Any info would be appreciated


----------



## crazyredneck (Oct 9, 2008)

are you looking for the Pipe that is double walled? If so you can get it at Home depot


----------



## Michihunter (Jan 8, 2003)

PLewy said:


> does anybody know where I can buy 4" stove pipe for a army issue woodburner?
> 
> Any info would be appreciated


I would highly recommend getting what's referred to as B-vent. That's the double walled vent pipe spoke of in the previous post. Do a search for sheet metal and/or duct suppliers in your area and mention your need.


----------



## PLewy (Mar 29, 2004)

I need single wall in 4". It fits on a Military issue wood stove for our tent. I dont think the double wall will fit. I think I might be able to get some a Genral Jims, but I would like to purchase some local so I can get it set up and make sure it works.


----------



## tinmarine (Nov 19, 2007)

Your best bet is to go to a retailer that sells corn burners and wood stoves. The crap you get at HD isn't going to be good enough. The cheapest stuff is going to be thin gauge black pipe. Stay away from galvanized pipe. I believe the corn and pellet stoves have about a 4" outlet for them, but don't quote me.


----------



## roger23 (Jan 14, 2001)

[LEFT said:


> *PLewy*[/LEFT];2339747]I need single wall in 4". It fits on a Military issue wood stove for our tent. I *dont*​ think the double wall will fit.
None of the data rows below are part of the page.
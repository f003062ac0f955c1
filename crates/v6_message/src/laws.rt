//! What is true of every message of a client. The function does nothing: its contract is the law.

ghost use Rattle.std.specs.Prelude.{◌≡◌, List, ℕ, Some};
ghost use Rattle.v6_message.specs.declared.reading.Bad6.TheVariants.{OtherType};
ghost use Rattle.v6_message.specs.Replies.{refusal_of};
ghost use Rattle.v6_message.specs.Requests.{SaidContent, message6_text};
ghost use Rattle.v6_message.specs.ReadBack.{FitsSaid, said6_in};

/// The bytes of a client's message spell that message; no bytes spell two; what spells a message is its bytes; and to a
/// client they are no message of a server.
pub fn said_is_read_back()
    ensures read { (said : SaidContent) → FitsSaid said → said6_in (message6_text said) ≡ Some said }
    ensures one { (a b : SaidContent) → FitsSaid a → FitsSaid b → message6_text a ≡ message6_text b → a ≡ b }
    ensures only { (message : List ℕ) (said : SaidContent) → said6_in message ≡ Some said
        → message ≡ message6_text said }
    ensures other { (said : SaidContent) → FitsSaid said → refusal_of (message6_text said) ≡ Some OtherType }
{}
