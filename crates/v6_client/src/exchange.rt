//! An exchange of messages, and when its message is said again (RFC 8415, section 15).

ghost use Rattle.std.specs.Prelude.{◌≡◌, ◌<◌, ◌≤◌, ◌^◌};
ghost use Rattle.v6_client.specs.Exchanges as exchanges;
ghost use Rattle.v6_client.specs.Times.{FitsTurn};

use crate::turn::Turn6;
use crate::xid::draw_xid;
use v6_retrans::parameters::SOLICIT;
use v6_retrans::{Parameters, Retrans, draw_rand};

/// The longest time until a message is said again, in milliseconds, which none comes near.
pub const LONGEST_TIME: u64 = 0xffff_ffff;

/// A message that was said and awaits its answer.
#[derive(Clone, Copy, PartialEq, Eq)]
pub struct Exchange6 {
    /// Its transaction id, below 2^24.
    pub xid: u32,
    /// The moment of its first message.
    pub began: u64,
    /// The time until the message is said again, in milliseconds.
    pub rt: u32,
    /// How often it was said.
    pub sent: u32,
    /// When it is said again.
    pub due: u64,
}

pub(crate) fn new_xid(turn: Turn6) -> u32
    ensures { result ≡ exchanges.new_xid turn }
{
    draw_xid(turn.salt, turn.site.iface.index, turn.last)
}

fn capped(time: u64) -> u32
    ensures { result ≡ exchanges.capped time }
{
    time.min(LONGEST_TIME) as u32
}

/// The message of an exchange that began at `began` is said now.
fn said(turn: Turn6, xid: u32, began: u64, retrans: Retrans) -> Exchange6
    requires { FitsTurn turn }
    ensures { result ≡ exchanges.said turn xid began retrans }
{
    let rt = capped(retrans.rt);
    Exchange6 {
        xid,
        began,
        rt,
        sent: retrans.sent,
        due: turn.at + u64::from(rt),
    }
}

/// A new exchange, whose message is said now.
pub(crate) fn begun(turn: Turn6, parameters: Parameters, rand: u32) -> Exchange6
    requires turn { FitsTurn turn }
    requires rand { rand ≤ 200 }
    requires day { parameters.irt ≤ 86400000 }
    ensures { result ≡ exchanges.begun turn parameters rand }
{
    said(
        turn,
        new_xid(turn),
        turn.at,
        Retrans::first(parameters, rand),
    )
}

impl Exchange6 {
    /// The retransmission of the message, with its parameters.
    fn retrans(self, parameters: Parameters) -> Retrans
        ensures value { result ≡ exchanges.retrans_of parameters self }
        ensures time { result.rt < 2 ^ 32 }
    {
        Retrans {
            rt: u64::from(self.rt),
            sent: self.sent,
            parameters,
        }
    }

    /// The message is said again.
    pub(crate) fn again(self, turn: Turn6, parameters: Parameters) -> Exchange6
        requires turn { FitsTurn turn }
        requires day { parameters.mrt ≤ 86400000 }
        ensures { result ≡ exchanges.again turn parameters self }
    {
        let mut retrans = self.retrans(parameters);
        retrans.next(draw_rand(turn.salt, turn.site.iface.index));
        said(turn, self.xid, self.began, retrans)
    }

    /// The message was said as often as it may be.
    pub(crate) fn is_used_up(self, parameters: Parameters) -> bool
        ensures { result ≡ exchanges.is_used_up parameters self }
    {
        self.retrans(parameters).is_over()
    }

    /// The message is to be said again.
    pub(crate) fn is_due(self, turn: Turn6) -> bool
        ensures { result ≡ exchanges.is_again_due turn self }
    {
        self.due <= turn.at
    }
}

/// The parameters of SOLICIT, with the bound that a server has told.
pub(crate) fn solicit_parameters(turn: Turn6) -> Parameters
    ensures { result ≡ exchanges.solicit_parameters turn }
{
    Parameters {
        mrt: turn.sol_max,
        ..SOLICIT
    }
}
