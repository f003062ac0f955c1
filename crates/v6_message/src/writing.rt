//! A client's message, written.

ghost use Rattle.std.specs.Prelude.{◌≡◌, ◌≤◌, ◌++◌, ◌∷◌, [], length, map, IfOk, OnOk};
ghost use Rattle.std.specs.Option.{option_map};
ghost use Rattle.v6_message.specs.Requests.{asked_content, ia_option, ia_value, item_len, item_of, said_content};
ghost use Rattle.v6_message.specs.Requests.{message6_text, options_text, said_options, server_options};

use crate::parts::{
    NO_TIMES, code_of, put_header, put_item, put_option, put_rapid, put_wanted_in, put_word,
};
use crate::said::{IaAsked, Said6};
use net_types::{Net6, NoMemory, u16_octets, u32_octets};
use std::alloc::{AllocError, Global};
use v6_options::layout::{ADDRESS_FIELDS_LEN, HEADER_LEN, IA_FIELDS_LEN, PREFIX_FIELDS_LEN};
use v6_options::{Duid, IaKind, code};

/// What most messages take.
const MESSAGE_LEN: usize = 128;

/// The addresses or prefixes that an IA names.
fn put_items(message: &mut Vec<u8>, kind: IaKind, items: &[Net6]) -> Result<(), AllocError>
    ensures { OnOk result (message.new.items ≡ message.old.items ++ options_text (map (item_of kind) items.now)) }
{
    'items: for item in items {
        put_item(message, kind, *item)?;
    }
    Ok(())
}

/// How many bytes an item takes, with its code and its length.
fn item_len(kind: IaKind) -> usize
    ensures { result ≡ item_len kind }
{
    match kind {
        IaKind::Na => HEADER_LEN + ADDRESS_FIELDS_LEN,
        IaKind::Pd => HEADER_LEN + PREFIX_FIELDS_LEN,
    }
}

/// How many bytes the value of an IA takes.
fn ia_len(ia: &IaAsked) -> u16
    ensures { result ≡ length (ia_value (asked_content ia.now)) }
{
    (IA_FIELDS_LEN + ia.items.len() * item_len(ia.kind)) as u16
}

fn put_ia(message: &mut Vec<u8>, ia: &IaAsked) -> Result<(), AllocError>
    ensures { OnOk result
        (message.new.items ≡ message.old.items ++ options_text (ia_option (asked_content ia.now) ∷ [])) }
{
    put_word(message, code_of(ia.kind))?;
    put_word(message, ia_len(ia))?;
    message.extend_from_slice(&u32_octets(ia.iaid))?;
    message.extend_from_slice(&NO_TIMES)?;
    put_items(message, ia.kind, &ia.items)
}

fn put_ias(message: &mut Vec<u8>, ias: &[IaAsked]) -> Result<(), AllocError>
    ensures { OnOk result
        (message.new.items ≡ message.old.items ++ options_text (map ia_option (map asked_content ias.now))) }
{
    'ias: for ia in ias {
        put_ia(message, ia)?;
    }
    Ok(())
}

/// The server that is spoken to, where there is one.
fn put_server(message: &mut Vec<u8>, server: &Option<Duid>) -> Result<(), AllocError>
    ensures { OnOk result
        (message.new.items
        ≡ message.old.items ++ options_text (server_options (option_map (λ d. d.bytes.items) server.now))) }
{
    match server {
        Some(server) => put_option(message, code::SERVER_IDENTIFIER, server.as_slice()),
        None => Ok(()),
    }
}

/// The options of a message, in their order.
fn put_options(message: &mut Vec<u8>, said: &Said6, client: &Duid) -> Result<(), AllocError>
    ensures { OnOk result
        (message.new.items ≡ message.old.items ++ options_text (said_options (said_content said.now client.now))) }
{
    put_option(message, code::CLIENT_IDENTIFIER, client.as_slice())?;
    put_server(message, &said.server)?;
    put_option(message, code::ELAPSED_TIME, &u16_octets(said.elapsed))?;
    put_rapid(message, said.rapid)?;
    put_ias(message, &said.ias)?;
    put_wanted_in(message, said.kind)
}

fn message(alloc: Global, said: &Said6, client: &Duid) -> Result<Vec<u8>, AllocError>
    ensures { IfOk result (λ bytes. bytes.items ≡ message6_text (said_content said.now client.now)) }
{
    let mut bytes = Vec::with_capacity(alloc, MESSAGE_LEN)?;
    put_header(&mut bytes, said.kind, said.xid)?;
    put_options(&mut bytes, said, client)?;
    Ok(bytes)
}

/// The bytes of a client's message (RFC 8415, section 18.2): options 1, 2 where a server is given, 8, 14 where rapid
/// commit is asked for, the IAs, and, unless it gives back or declines, 6.
pub fn write6(alloc: Global, said: &Said6, client: &Duid) -> Result<Vec<u8>, NoMemory>
    ensures text { IfOk result (λ bytes. bytes.items ≡ message6_text (said_content said.now client.now)) }
    // They fit a datagram.
    ensures short { IfOk result (λ bytes. length bytes.items ≤ 1472) }
{
    match message(alloc, said, client) {
        Ok(bytes) => Ok(bytes),
        Err(_) => Err(NoMemory),
    }
}
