//! What a client does when the carrier comes, another host uses an address, or the host wishes it.

ghost use Rattle.std.specs.Prelude.{◌≡◌};
ghost use Rattle.v6_client.specs.Inputs as inputs;
ghost use Rattle.v6_client.specs.Times.{FitsTurn};

use crate::exchange::new_xid;
use crate::states::{Keep6, News6, Say6, State6, Step6, Tell6};
use crate::steps::{
    declines, expires, goes_to, is_last, keep_by, rebinds, restarts, rests, tells_parting,
    to_waiting,
};
use crate::turn::Turn6;
use v6_items::Parting6;
use v6_message::Kind6;

/// The client begins. `parting` is of the items of the kept lease that are valid, and `stands` says whether they are
/// held while they are asked for again.
fn begins(turn: Turn6, stands: bool, parting: Parting6) -> Step6
    requires { FitsTurn turn }
    ensures { result ≡ inputs.begins turn stands parting }
{
    let step = if parting.stays {
        restarts(turn, stands)
    } else {
        to_waiting(turn)
    };
    Step6 {
        spends: true,
        ..step
    }
}

/// The carrier comes.
pub(crate) fn begin_row(turn: Turn6, stands: bool, parting: Parting6, state: State6) -> Step6
    requires { FitsTurn turn }
    ensures { result ≡ inputs.begin_row turn stands parting state }
{
    match state {
        State6::Off => begins(turn, stands, parting),
        State6::Waiting { .. }
        | State6::Soliciting { .. }
        | State6::Requesting { .. }
        | State6::Bound
        | State6::Renewing { .. }
        | State6::Rebinding { .. }
        | State6::Restarting { .. }
        | State6::Declining { .. } => rests(turn, state),
    }
}

/// The client is off, and doesn't stand on its lease when it begins again.
fn turns_off(turn: Turn6) -> Step6
    ensures { result ≡ inputs.turns_off turn }
{
    Step6 {
        spends: true,
        ..rests(turn, State6::Off)
    }
}

/// The carrier goes.
pub(crate) fn off_row(turn: Turn6) -> Step6
    ensures { result ≡ inputs.off_row turn }
{
    turns_off(turn)
}

/// A held address may be in use elsewhere.
fn contested(turn: Turn6, parting: Parting6, state: State6) -> Step6
    requires { FitsTurn turn }
    ensures { result ≡ inputs.contested turn parting state }
{
    if parting.goes {
        return Step6 {
            keep: keep_by(parting),
            news: News6::Changed,
            ..declines(turn)
        };
    }
    rests(turn, state)
}

/// An address of a restart whose items are held may be in use elsewhere: it isn't asked for again.
fn missed(turn: Turn6, parting: Parting6, state: State6) -> Step6
    requires { FitsTurn turn }
    ensures { result ≡ inputs.missed turn parting state }
{
    let step = if is_last(parting) {
        expires(turn)
    } else {
        rests(turn, state)
    };
    tells_parting(parting, step)
}

/// Another host uses an address. `parting` is of the items that are held.
pub(crate) fn duplicate_row(turn: Turn6, parting: Parting6, state: State6) -> Step6
    requires { FitsTurn turn }
    ensures { result ≡ inputs.duplicate_row turn parting state }
{
    match state {
        // items are held
        State6::Bound
        | State6::Renewing { .. }
        | State6::Rebinding { .. }
        | State6::Declining { .. } => contested(turn, parting, state),
        State6::Restarting { stands, .. } => {
            if stands {
                return missed(turn, parting, state);
            }
            rests(turn, state)
        }
        State6::Off
        | State6::Waiting { .. }
        | State6::Soliciting { .. }
        | State6::Requesting { .. } => rests(turn, state),
    }
}

/// The items aren't held any more.
fn stops(turn: Turn6, tell: Tell6) -> Step6
    ensures { result ≡ inputs.stops turn tell }
{
    match tell {
        // RELEASE with a new transaction id
        Tell6::Server => {
            let xid = new_xid(turn);
            let say = Say6 {
                kind: Kind6::Release,
                xid,
                elapsed: 0,
            };
            Step6 {
                keep: Keep6::Clears,
                say: Some(say),
                news: News6::Stop,
                spends: true,
                ..goes_to(State6::Off, Some(xid))
            }
        }
        Tell6::Nobody => Step6 {
            news: News6::Stop,
            ..turns_off(turn)
        },
    }
}

fn released(turn: Turn6, tell: Tell6, held: bool) -> Step6
    ensures { result ≡ inputs.released turn tell held }
{
    if held {
        return stops(turn, tell);
    }
    turns_off(turn)
}

/// The client stops. `held` says whether an item is left.
pub(crate) fn release_row(turn: Turn6, tell: Tell6, held: bool, state: State6) -> Step6
    ensures { result ≡ inputs.release_row turn tell held state }
{
    match state {
        // items are held
        State6::Bound
        | State6::Renewing { .. }
        | State6::Rebinding { .. }
        | State6::Declining { .. } => released(turn, tell, held),
        State6::Restarting { stands, .. } => {
            if stands {
                return released(turn, tell, held);
            }
            turns_off(turn)
        }
        State6::Off
        | State6::Waiting { .. }
        | State6::Soliciting { .. }
        | State6::Requesting { .. } => turns_off(turn),
    }
}

/// The items are to be rebound at once. `parting` is of the items of the kept lease that are valid.
pub(crate) fn rebind_row(turn: Turn6, parting: Parting6, state: State6) -> Step6
    requires { FitsTurn turn }
    ensures { result ≡ inputs.rebind_row turn parting state }
{
    match state {
        // the client begins, without a lease to stand on
        State6::Off => begins(turn, false, parting),
        // REBIND
        State6::Bound | State6::Renewing { .. } => rebinds(turn),
        State6::Waiting { .. }
        | State6::Soliciting { .. }
        | State6::Requesting { .. }
        | State6::Rebinding { .. }
        | State6::Restarting { .. }
        | State6::Declining { .. } => rests(turn, state),
    }
}
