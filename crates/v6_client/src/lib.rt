//! The DHCPv6 client of one interface (RFC 8415, section 18.2): it acquires addresses and delegated prefixes from one
//! server, renews and rebinds them, declines an address that another host uses, and gives all of them up.
#![tactic(auto)]

mod answers;
mod client;
mod constants;
mod exchange;
mod hearing;
mod holding;
mod inputs;
mod keeping;
mod laws;
mod leases;
mod parting;
mod saying;
mod setup;
mod states;
mod steps;
mod ticking;
mod times;
mod turn;
mod xid;

pub use answers::{has_bytes, is_duid};
pub use client::{
    Client6, Out6, carrier6, client6_new, duid6, duplicate6, heard6, held6, kept6, rebind6,
    release6,
};
pub use constants::times_are_those_of_rfc_8415;
pub use exchange::Exchange6;
pub use laws::{calls_run6, keeps_settings6, quiet_steps_keep6};
pub use leases::Plea6;
pub use setup::{Set6, Site6};
pub use states::{Answer6, Carrier6, Keep6, News6, Say6, State6, Step6, Tell6};
pub use turn::Turn6;
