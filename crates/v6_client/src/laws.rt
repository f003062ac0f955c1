//! What is true of every client. These functions do nothing: their contracts are the laws.

ghost use Rattle.v6_client.specs.QuietLaws.{AllRunsTell, BeginsTell, DuplicatesTell, MessagesTell, RebindsTell, ReleasesTell, TicksTell};
ghost use Rattle.v6_client.specs.RunLaws.{CarriersRun, DuplicatesRun, MessagesRun, RebindsRun, ReleasesRun, StepsRun, TicksRun, TicksWait};
ghost use Rattle.v6_client.specs.RunsStay.{SettingsStay};

/// Law: what a call makes of a client, and what it says, is a function of the client (specs/Runs).
pub fn calls_run6()
    ensures steps { StepsRun }
    ensures ticks { TicksRun }
    ensures waits { TicksWait }
    ensures messages { MessagesRun }
    ensures carriers { CarriersRun }
    ensures duplicates { DuplicatesRun }
    ensures releases { ReleasesRun }
    ensures rebinds { RebindsRun }
{}

/// Law: no call changes the settings.
pub fn keeps_settings6()
    ensures { SettingsStay }
{}

/// Law: where a call has no news, the lease that is kept and the one that is held are as before. The carrier's loss is
/// no such call: then none is held.
pub fn quiet_steps_keep6()
    ensures ticks { TicksTell }
    ensures messages { MessagesTell }
    ensures duplicates { DuplicatesTell }
    ensures begins { BeginsTell }
    ensures rebinds { RebindsTell }
    ensures releases { ReleasesTell }
    ensures runs { AllRunsTell }
{}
I think I might be able to get some a *Genral*​ *Jims*​, but I would like to purchase some local so I can get it set up and make sure it works.


4"galvanized dryer /hot water heater vent pipe,,is what we used in Korea we got it from base supply,,,I am sure any hardware store should have it ,,,just make sure you run it up a couple feet outside the tent to pull a draft,,,


----------



## PLewy (Mar 29, 2004)

No kidding Roger23!! 4" galvanized will take the heat going up the Chimney. I was thinking I should use at least black stove pipe. If its safe I'll use it. We will only be using it for about 8 days.


----------



## roger23 (Jan 14, 2001)

the black stuff is probably better,I have seen it in 4",5" ,6" ,,I went from the jungles in Vietnam to Korea in December we had to live in wood frame tents for 2 months,, we had a wood burner and a diesel fuel burner,, the stack on the diesel fuel one would glow when we cranked it all the way up,,our tents leaked so bad we were not worried about carbon monoxide,,I kept warm with a electric blanket,,,,I guess those were the good old days,,

I would think any stove or fire place shop would have the black stuff


----------



## trappintees (Jul 12, 2005)

we use 5" galvanized on our tent stove. Get a good, hot fire going with the stove pipe on it, OUTSIDE your tent first to burn the galvanize off. I am assuming your using this in a tent?


----------



## youngbuck26 (Dec 31, 2004)

4 inch double wall from home dept...Use it on my double barrel wood stove in my 16X32 gp army tent...general jim doesn't sell it (well at least when I was there) they had pipe..but it came with the stoves only....I have burned 6 fires in our tent so far with the home dept stuff...no issues...and we were burning them HOT!!!! to burn the paint off the barrels

Joe


----------



## Topshelf (May 24, 2005)

Tractor Supply should have 4" single wall.


----------



## john warren (Jan 25, 2005)

yup, tractor supply. and a thimble for passthrew in the roof


----------